SOLUTION? The PTO where I teach welcomed us back to school Monday with a generously catered luncheon resplendent with plump and chilled cocktail shrimp, pizza and chicken wings, trays of pasta primavera, cream puffs for dessert, and lots more. Local restaurants donated enough delicious food that many of us were able to carry take-out containers home. Phil’s MarketPlace in Westerly sent along sandwich wraps, and The Pizza Lady in Pawcatuck contributed a boldly spicy batch of sausage and peppers that I could have eaten for breakfast, lunch, and supper.
But, alas, this was all just a tease. If the PTO could make me my lunch every day, all would be right with the world, but on Tuesday I was on my own again. I ate a banana for lunch.
Tomorrow I’ll eat the turkey pita wrap with spinach that the teacher next door gave to me this afternoon. She just didn’t feel like eating it. See what I mean? One day into the school year and she’s already sick of lunch from home. 181 days to go.
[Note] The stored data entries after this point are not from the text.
//! A run that goes on behind turns that find no memory: the run of a scenario, one of whose controllers finds none for one of its
//! events. It comes to rest, and the audit holds what its switches did against one controller that never fails.
ghost use Rattle.std.specs.Prelude.{◌<◌, ℕ, List, length, IfSome};
ghost use Rattle.std.specs.List.{AllByRecursion};
ghost use Rattle.journal.specs.Actors.{IsActor};
ghost use Rattle.journal.specs.Turns.{turn_actor};
ghost use Rattle.world.specs.World.{Holds, Keeps, PairsStand};
ghost use Rattle.scenario.specs.Scenario.{IsScenario};

use crate::wanting::{Wanting, app_of, shelves_of};
use app_core::App;
use audit::{Verdict, check};
use cases::Difference;
use closing::{ClosingOutcome, may_close};
use journal::{Head, MemorySink, MemoryStable, Stable, Stop, Turn};
use of_types::Octets;
use players::{Body, Bytes};
use report::write_report;
use scenario::{Scenario, read_scenario};
use std::alloc::{AllocError, Global};
use top_call::stables;
use world::World;
use world_record::record_of;

/// How a run came out: its switches did what one controller that never fails issues, and so many inputs were refused; or it differs.
#[derive(Drop)]
enum Outcome {
    Same { refused: u64 },
    Differs,
}

/// How often a closing may find no memory.
const ATTEMPTS: usize = 8;

/// What a run lacks.
const NO_SCENARIO: Difference = Difference::Row("a scenario");

const NOT_REFUSED: Difference = Difference::Row("an input that is refused for want of memory");

const NOT_SOUND: Difference = Difference::Row("a rest at which its report is sound");

/// Takes the steps in order, and goes on behind those that find no memory.
fn take_steps<B: Body, A: App, W: Stable>(
    world: &mut World<B, A>,
    stables: &mut [W],
    steps: &[Turn],
) -> Result<(), Stop>
    requires holds { (kinds : List ℕ) × Holds A.law B.sealing world.old kinds }
    requires pairs { PairsStand W.saving stables.old world.old.controllers }
    requires named { AllByRecursion (λ t. IsActor world.old.setup (turn_actor t)) steps.now }
    ensures { Keeps A.law W.saving B.sealing world.old stables.old world.new stables.new }
{
    for step in steps {
        match world.apply(stables, step) {
            Ok(()) | Err(Stop::OutOfMemory) => {}
            Err(full) => return Err(full),
        }
    }
    Ok(())
}

/// Brings a world to rest, and begins again where that finds no memory. Tells who is primary then, if anybody is.
fn come_to_rest<B: Body, A: App, W: Stable>(
    alloc: Global,
    world: &mut World<B, A>,
    stables: &mut [W],
) -> Option<u8>
    requires holds { (kinds : List ℕ) × Holds A.law B.sealing world.old kinds }
    requires pairs { PairsStand W.saving stables.old world.old.controllers }
    ensures { IfSome result (λ primary. primary < length world.new.controllers) }
{
    'attempts: for _ in 0..ATTEMPTS {
        if !may_close(world) {
            return None;
        }
        match closing::run(alloc, world, stables) {
            Ok(ClosingOutcome::Done { primary }) => return Some(primary),
            Err(Stop::OutOfMemory) => {}
            _ => return None,
        }
    }
    None
}

/// How many inputs were refused.
fn count_refused(entries: &[Head]) -> u64 {
    let refused = entries
        .iter()
        .filter(|entry| matches!(entry, Head::Refused { .. }));
    refused.count() as u64
}

/// The report of a world without its journal.
fn bare_report(
    alloc: Global,
    world: World<Bytes, Wanting>,
    primary: u8,
) -> Result<Octets, AllocError>
    requires { primary < length world.controllers }
{
    let mut told = record_of(alloc, world, primary, 0, 0)?;
    let mut sink = MemorySink::new(alloc, usize::MAX, Vec::new(alloc));
    match write_report(alloc, &mut told.record, &mut sink) {
        Ok(()) => Octets::from_slice(alloc, sink.taken()),
        Err(_) => Err(AllocError),
    }
}

/// Whether the audit finds nothing in the report of a world, by its committed log and its switches.
fn is_sound(alloc: Global, world: World<Bytes, Wanting>, primary: u8) -> Result<bool, AllocError>
    requires { primary < length world.controllers }
{
    let report = bare_report(alloc, world, primary)?;
    let verdict = check(alloc, report, &mut app_of(alloc, None)?)?;
    Ok(verdict == Verdict::Same)
}

/// Plays these steps in a world, and brings it to rest.
fn play_in<W: Stable>(
    alloc: Global,
    world: World<Bytes, Wanting>,
    stables: &mut [W],
    steps: &[Turn],
) -> Result<Outcome, AllocError>
    requires holds { (kinds : List ℕ) × Holds ⟦<Wanting as App>⟧.law ⟦<Bytes as Body>⟧.sealing world kinds }
    requires pairs { PairsStand W.saving stables.old world.controllers }
    requires named { AllByRecursion (λ t. IsActor world.setup (turn_actor t)) steps.now }
{
    let mut world = world;
    if take_steps(&mut world, stables, steps).is_err() {
        return Ok(Outcome::Differs);
    }
    let refused = count_refused(world.heads());
    let Some(primary) = come_to_rest(alloc, &mut world, stables) else {
        return Ok(Outcome::Differs);
    };
    if is_sound(alloc, world, primary)? {
        Ok(Outcome::Same { refused })
    } else {
        Ok(Outcome::Differs)
    }
}

/// Plays a scenario whose controller of a number finds no memory once it has taken so many events.
fn play(
    alloc: Global,
    scenario: &Scenario,
    controller: u8,
    events: u64,
) -> Result<Outcome, AllocError>
    requires { IsScenario scenario.now }
{
    let shelves = shelves_of(alloc, scenario.setup.controllers, controller, events)?;
    let mut stables: Vec<MemoryStable> = stables(alloc)?;
    let world = World::<Bytes, Wanting>::new(alloc, &scenario.setup, shelves)?;
    let steps = scenario.steps.as_slice();
    play_in(alloc, world, stables.as_mut_slice(), steps)
}

/// Plays the scenario of these bytes so, and tells what it lacks. One that takes no event finds no memory for the first that it
/// hears of.
pub fn go_on(alloc: Global, bytes: &[u8], controller: u8, events: u64) -> Result<(), Difference> {
    let Ok(scenario) = read_scenario(alloc, bytes) else {
        return Err(NO_SCENARIO);
    };
    match play(alloc, &scenario, controller, events)? {
        Outcome::Same { refused: 0 } if events == 0 => Err(NOT_REFUSED),
        Outcome::Same { .. } => Ok(()),
        Outcome::Differs => Err(NOT_SOUND),
    }
}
Maybe tomorrow night I will summon enough motivation to cook up some tilapia and sweet potatoes for Thursday. But probably not.
Another of my colleagues brings nothing but an apple for lunch every day. He’s been doing this for years. God bless him. He must’ve learned a long time ago that it just isn’t worth trying.
I’d be eternally grateful if someone could tell me how to make eating lunch at work exciting again—if it ever were.